**Your task**
Copies of all lines containing the string "that" are needed from the data below.

**Data section**
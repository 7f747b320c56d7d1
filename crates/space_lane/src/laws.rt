//! What the words of the contracts come to together.
ghost use Rattle.std.specs.Prelude.{◌≡◌, ℕ, List, length};
ghost use Rattle.log_history.specs.Effects.{Page};
ghost use Rattle.backup_lines.specs.declared.lanes.Chain.{Chain as ChainView};
ghost use Rattle.backup_lines.specs.declared.lanes.LaneState.{LaneState as StateView};
ghost use Rattle.backup_lines.specs.declared.lanes.LaneState.TheVariants.{At, Replay};
ghost use Rattle.lane_ways.specs.Pictures.{MayMove, Shows, Stand};
ghost use Rattle.space_lane.specs.Chunks.{HasMark, HoldsState, IsSettled};
ghost use Rattle.space_lane.specs.Shown.{picture_of};
ghost use Rattle.space_lane.specs.Stops.{MayRestore, MaySet};

/// Where a state with a place stands, is settled and has these pages, the chunk shows them at that place.
pub fn what_stands_is_shown()
    ensures standing { (site space upto part : ℕ) (bytes : List ℕ) (pages : List Page) → HoldsState site space (length pages) (At upto part) bytes
        → IsSettled (At upto part) (length pages) bytes → Stand space 0 pages bytes
        → Shows (picture_of space (At upto part) upto part pages bytes) bytes }
    ensures replaying { (site space restore upto part : ℕ) (chain : ChainView) (bytes : List ℕ) (pages : List Page)
        → HoldsState site space (length pages) (Replay restore chain upto part) bytes → IsSettled (Replay restore chain upto part) (length pages) bytes
        → Stand space 0 pages bytes → Shows (picture_of space (Replay restore chain upto part) upto part pages bytes) bytes }
{}

/// A stop within the opening leaves what is shown at the place of the mark.
pub fn the_opening_shows_the_same()
    ensures standing { (space upto part : ℕ) (pages : List Page) (first old new : List ℕ) → HasMark (At upto part) old
        → MayRestore (length pages) old new → Shows (picture_of space (At upto part) upto part pages first) old
        → Shows (picture_of space (At upto part) upto part pages first) new }
    ensures replaying { (space restore upto part : ℕ) (chain : ChainView) (pages : List Page) (first old new : List ℕ)
        → HasMark (Replay restore chain upto part) old → MayRestore (length pages) old new
        → Shows (picture_of space (Replay restore chain upto part) upto part pages first) old
        → Shows (picture_of space (Replay restore chain upto part) upto part pages first) new }
{}

/// Where a chunk shows a place with pages that stand, a stop within the setting of a state leaves that place or the new
/// state's, with the same pages.
pub fn a_state_moves_the_place_alone()
    ensures { (space upto part to more : ℕ) (before state : StateView) (pages : List Page) (bytes new : List ℕ)
        → Shows (picture_of space before upto part pages bytes) bytes → Stand space 0 pages bytes → MaySet state bytes bytes new
        → MayMove (picture_of space before upto part pages bytes) (picture_of space state to more pages bytes) new }
{}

**Reply**
/// Where a state with a place stands, is settled and has these pages, the chunk shows them at that place.
/// Where a chunk shows a place with pages that stand, a stop within the setting of a state leaves that place or the new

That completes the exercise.